Myth #2 – Neighborhoods Often Decline in Rent-Controlled Areas
Another fallacy that can circulate about rent control is that it causes the decline or deterioration of buildings where it’s implemented. However, without rental control regulations, cities, many times, must hire building inspectors to make sure that apartments or leased properties are properly maintained. Research has shown that landlords collecting higher rents can lack the motivation required to make the necessary repairs. Otherwise, if this wasn’t true, there simply wouldn’t be a need to hire building inspectors to make sure buildings meet the proper codes and standards.
Myth #3 – Landlords Do not Reap the Profits from Rent-Controlled Buildings as They Do from other Rentals
Many opponents of rent control are under the impression that owners of rent-controlled buildings are unable to make any kind of profit and therefore must often abandon their properties because they can’t pay the necessary expenses or taxes.

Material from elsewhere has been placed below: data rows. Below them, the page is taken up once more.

//! The mapper of domain names over the canonical tables of the worked rows, and of a letter with a diaeresis.

use crate::calls::are_chars;
use assertions::assert_same;
use icu_codepointtrie::{
    CodePointTrie, CodePointTrieBuilder, CodePointTrieBuilderError, CodePointTrieHeader, TrieType,
};
use icu_normalizer::uts46::{Uts46Mapper, Uts46MapperBorrowed};
use icu_normalizer_core::canonical::CanonicalFault;
use icu_normalizer_core::provider::{DataError, TableName, Uts46Tables};
use icu_packed_vector::PackedVec;
use samples_icu_normalizer::held::{Held, letters, provider_of};
use samples_icu_normalizer::tables::{PAIRS, STEPS, tables};
use std::alloc::{AllocError, Global};

/// The words of a space, A, a soft hyphen, A with a diaeresis, alpha and a ligature: disallowed, mapped, ignored, and
/// mapped to two, to a mark and to two characters.
const WORDS: [(u32, u32); 6] = [
    (0x20, 2),
    (0x41, 0x103),
    (0xad, 1),
    (0xc4, 0x6203),
    (0x3b1, 0xa103),
    (0xfb01, 0x2203),
];

/// Words of none of the forms: one with no meaning, a list of no character, a list past the six characters, and one that
/// ends there.
const BAD_WORDS: [(u32, u32); 4] = [(0x10_ffff, 4), (0x61, 3), (0xe000, 0xc103), (0x61, 0xa203)];

/// A text, what `map_normalize` gives of it, and what `normalize_validate` does, as an independent reading of the
/// definitions gives them.
const ROWS: [(&str, &str, &str); 22] = [
    ("", "", ""),
    (" ", "\u{fffd}", "\u{fffd}"),
    ("A\u{ad}\u{301}", "\u{e1}", "a\u{fffd}\u{301}"),
    ("ab", "ab", "ab"),
    ("A\u{ad} b", "a\u{fffd}b", "a\u{fffd}\u{fffd}b"),
    ("\u{ad}\u{ad}", "", "\u{fffd}\u{fffd}"),
    ("\u{c4}", "\u{e4}", "\u{e4}"),
    ("\u{fb01}A", "fia", "fia"),
    ("A\u{308}", "\u{e4}", "\u{e4}"),
    ("A\u{301}", "\u{e1}", "\u{e1}"),
    ("A\u{ad}\u{308}", "\u{e4}", "a\u{fffd}\u{308}"),
    (
        "A\u{308}\u{ad}\u{301}",
        "\u{e4}\u{301}",
        "\u{e4}\u{fffd}\u{301}",
    ),
    (
        " A\u{323}\u{301}",
        "\u{fffd}\u{1ea1}\u{301}",
        "\u{fffd}\u{1ea1}\u{301}",
    ),
    (
        "a\u{ad}\u{323}\u{308}",
        "\u{1ea1}\u{308}",
        "a\u{fffd}\u{323}\u{308}",
    ),
    (
        "\u{ac00}\u{ad}\u{11a8}",
        "\u{ac01}",
        "\u{ac00}\u{fffd}\u{11a8}",
    ),
    (
        "\u{1100}\u{ad}\u{1161}",
        "\u{ac00}",
        "\u{1100}\u{fffd}\u{1161}",
    ),
    (
        "\u{3b1}A\u{3b1}\u{301}",
        "\u{323}\u{1ea1}\u{301}",
        "\u{323}\u{1ea1}\u{301}",
    ),
    ("\u{344}A", "\u{308}\u{301}a", "\u{308}\u{301}a"),
    ("\u{c4}\u{323}", "\u{1ea1}\u{308}", "\u{1ea1}\u{308}"),
    (
        "A\u{302}\u{ad}\u{3b1}",
        "\u{1ea1}\u{302}",
        "a\u{302}\u{fffd}\u{323}",
    ),
    ("\u{e1}\u{3b1}", "\u{1ea1}\u{301}", "\u{1ea1}\u{301}"),
    ("\u{fb01}\u{c4}\u{ad}", "fi\u{e4}", "fi\u{e4}\u{fffd}"),
];

/// Writes words to a map.
fn set_words(
    map: &mut CodePointTrieBuilder<u32>,
    words: &[(u32, u32)],
) -> Result<(), CodePointTrieBuilderError> {
    for (code_point, word) in words {
        map.set_value(*code_point, *word)?;
    }
    Ok(())
}

/// The words of characters, with others for some; a character of which nothing is said is valid. `None` where memory is
/// refused.
fn trie(alloc: Global, words: &[(u32, u32)]) -> Option<CodePointTrie<'static, u32>> {
    let mut map = CodePointTrieBuilder::new(alloc, 0, 0, TrieType::Small).ok()?;
    set_words(&mut map, &WORDS).ok()?;
    set_words(&mut map, words).ok()?;
    map.build().ok()
}

/// A trie of valid characters, in which those from U+1000 to U+1FFF have no cell.
fn trie_without_cells(alloc: Global) -> Option<CodePointTrie<'static, u32>> {
    let header = CodePointTrieHeader {
        high_start: 0x2000,
        shifted12_high_start: 2,
        index3_null_offset: 0xffff,
        data_null_offset: 0xf_ffff,
        null_value: 0,
        trie_type: TrieType::Small,
    };
    let index = PackedVec::from_slice(alloc, &[0u16; 64]).ok()?;
    let cells = PackedVec::from_slice(alloc, &[0u32; 66]).ok()?;
    CodePointTrie::try_new(header, index, cells).ok()
}

/// A mapper table of these words.
fn packed(
    alloc: Global,
    trie: CodePointTrie<'static, u32>,
) -> Result<Uts46Tables<'static>, AllocError> {
    let scalars24 = PackedVec::from_slice(alloc, &['a', 'f', 'i', 'a', '\u{308}', '\u{323}'])?;
    Ok(Uts46Tables { trie, scalars24 })
}

/// A provider of the letters and of such a mapper table.
fn provider(alloc: Global, trie: CodePointTrie<'static, u32>) -> Option<Held<'static>> {
    let mapping = packed(alloc, trie).ok()?;
    let mut held = letters(alloc)?;
    held.uts46 = Some(mapping);
    Some(held)
}

/// The same of the words above and these.
fn provider_of_words(alloc: Global, words: &[(u32, u32)]) -> Option<Held<'static>> {
    provider(alloc, trie(alloc, words)?)
}

/// Whether `map_normalize` gives this of a text.
fn maps_to(alloc: Global, mapper: Uts46MapperBorrowed<'_>, text: &str, want: &str) -> bool {
    are_chars(mapper.map_normalize(alloc, text.chars()), want)
}

/// Whether `normalize_validate` does.
fn validates_to(alloc: Global, mapper: Uts46MapperBorrowed<'_>, text: &str, want: &str) -> bool {
    are_chars(mapper.normalize_validate(alloc, text.chars()), want)
}

/// A call of a mapper.
#[derive(Clone, Copy)]
enum Call {
    MapNormalize,
    NormalizeValidate,
}

/// Whether a call gives what it should of a row.
fn gives(
    alloc: Global,
    mapper: Uts46MapperBorrowed<'_>,
    call: Call,
    (text, mapped, validated): (&str, &str, &str),
) -> bool {
    match call {
        Call::MapNormalize => maps_to(alloc, mapper, text, mapped),
        Call::NormalizeValidate => validates_to(alloc, mapper, text, validated),
    }
}

/// Whether it does so of each row.
fn gives_rows(alloc: Global, mapper: Uts46MapperBorrowed<'_>, call: Call) -> bool {
    for row in ROWS {
        if !gives(alloc, mapper, call, row) {
            return false;
        }
    }
    true
}

/// The same by a mapper over a provider's tables.
fn has_rows(alloc: Global, held: &Held<'_>, call: Call) -> bool {
    match Uts46Mapper::try_new(alloc, held) {
        Ok(mapper) => gives_rows(alloc, mapper.as_borrowed(), call),
        Err(_) => false,
    }
}

/// The same by one over the letters and the mapper table.
fn mapper_has_rows(alloc: Global, call: Call) -> bool {
    match provider_of_words(alloc, &[]) {
        Some(held) => has_rows(alloc, &held, call),
        None => false,
    }
}

#[test]
fn ok_map_normalize(rt: HostRuntime) {
    assert!(rt; mapper_has_rows(rt.alloc(), Call::MapNormalize));
}

#[test]
fn ok_normalize_validate(rt: HostRuntime) {
    assert!(rt; mapper_has_rows(rt.alloc(), Call::NormalizeValidate));
}

/// Whether there is no mapper over a provider's tables for this reason, or there is one where it is `None`.
fn is_judged(alloc: Global, held: &Held<'_>, expected: Option<DataError>) -> bool {
    match Uts46Mapper::try_new(alloc, held) {
        Ok(_) => expected.is_none(),
        Err(refusal) => expected == Some(refusal),
    }
}

/// Whether it is so of a provider with these words besides.
fn words_are_judged(alloc: Global, words: &[(u32, u32)], expected: Option<DataError>) -> bool {
    match provider_of_words(alloc, words) {
        Some(held) => is_judged(alloc, &held, expected),
        None => false,
    }
}

#[test]
fn ok_try_new(rt: HostRuntime) {
    assert!(rt; words_are_judged(rt.alloc(), &[], None));
}

const DAMAGED: Option<DataError> = Some(DataError::Invalid(TableName::Uts46));

/// The first bad word that is taken.
fn first_taken(alloc: Global) -> Option<(u32, u32)> {
    for word in BAD_WORDS {
        if !words_are_judged(alloc, &[word], DAMAGED) {
            return Some(word);
        }
    }
    None
}

#[test]
fn words_that_are_refused(rt: HostRuntime) {
    assert_same!(rt; first_taken(rt.alloc()), None);
}

/// A provider of the letters and of a mapper table that lacks some characters.
fn provider_without_cells(alloc: Global) -> Option<Held<'static>> {
    provider(alloc, trie_without_cells(alloc)?)
}

/// Whether there is no mapper over it for this reason.
fn without_cells_is_judged(alloc: Global, expected: Option<DataError>) -> bool {
    match provider_without_cells(alloc) {
        Some(held) => is_judged(alloc, &held, expected),
        None => false,
    }
}

#[test]
fn characters_without_a_cell(rt: HostRuntime) {
    assert!(rt; without_cells_is_judged(rt.alloc(), DAMAGED));
}

/// A provider whose canonical words are wrong about U+0300, and whose mapper table has bad words.
fn wrong_twice(alloc: Global) -> Option<Held<'static>> {
    let mapping = packed(alloc, trie(alloc, &BAD_WORDS)?).ok()?;
    let mut held = provider_of(tables(alloc, &[(0x300, 0)], &STEPS, &PAIRS)?);
    held.uts46 = Some(mapping);
    Some(held)
}

/// What of its tables a provider lacks, beside those of the row before.
#[derive(Clone, Copy)]
enum Lack {
    Nothing,
    Mapping,
    Pairs,
    Lists,
    Words,
}

/// Takes that from a provider.
fn take(held: &mut Held<'_>, lack: Lack) {
    match lack {
        Lack::Nothing => {}
        Lack::Mapping => held.uts46 = None,
        Lack::Pairs => held.lacks_pairs = true,
        Lack::Lists => held.lacks_lists = true,
        Lack::Words => held.lacks_words = true,
    }
}

/// What is named first: what is wrong with the canonical tables comes before what is wrong with the mapper table, and the
/// loads come before both, in their order.
const ORDER: [(Lack, DataError); 5] = [
    (
        Lack::Nothing,
        DataError::Canonical(CanonicalFault::BuiltIn('\u{300}')),
    ),
    (Lack::Mapping, DataError::Missing(TableName::Uts46)),
    (Lack::Pairs, DataError::Missing(TableName::Pairs)),
    (Lack::Lists, DataError::Missing(TableName::NfdTables)),
    (Lack::Words, DataError::Missing(TableName::Nfd)),
];

/// The number of the first row at which something else is named, where a provider comes to lack one table after another.
fn first_named_otherwise(alloc: Global, held: &mut Held<'_>) -> Option<usize> {
    for (number, (lack, expected)) in ORDER.iter().enumerate() {
        take(held, *lack);
        if !is_judged(alloc, held, Some(*expected)) {
            return Some(number);
        }
    }
    None
}

/// Whether all rows are so of the one that is wrong twice.
fn wrong_are_in_order(alloc: Global) -> bool {
    match wrong_twice(alloc) {
        Some(mut held) => first_named_otherwise(alloc, &mut held).is_none(),
        None => false,
    }
}

#[test]
fn refusals_in_order(rt: HostRuntime) {
    assert!(rt; wrong_are_in_order(rt.alloc()));
}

However, the law suggests that landlords of rental controlled properties obtain a reasonable profit after costs for their real estate.
As an example, in California, landlords are given a timeline of 25 years to sell their properties or divest of their holdings if they find they can’t afford rent-controlled real estate. Yet, landlords in the state, who own these kinds of properties, have not followed suit. Therefore, they must be retaining some type of value from their properties for them to continue to choose to own and manage them.
Myth #4 – The Cost of Living Is Unmanageable in Rent Controlled Areas
In areas with rent-controlled apartments, tenants learn to be more budget-conscious in response to rising prices and tend to stay. As the median income can’t keep pace with increasing rents, it’s more helpful to live in a property where the rental rate is consistent. Rent control allows renters to save the money to buy a house rather than put any hard-earned savings into rental increases. In addition, tenants living in rent-controlled apartments can more easily patronize area stores as they have the extra money to spend that would have normally gone to housing.
Whatever your reason for liking or disliking rent control, make sure it’s valid. Verify any information first before you jump to conclusions.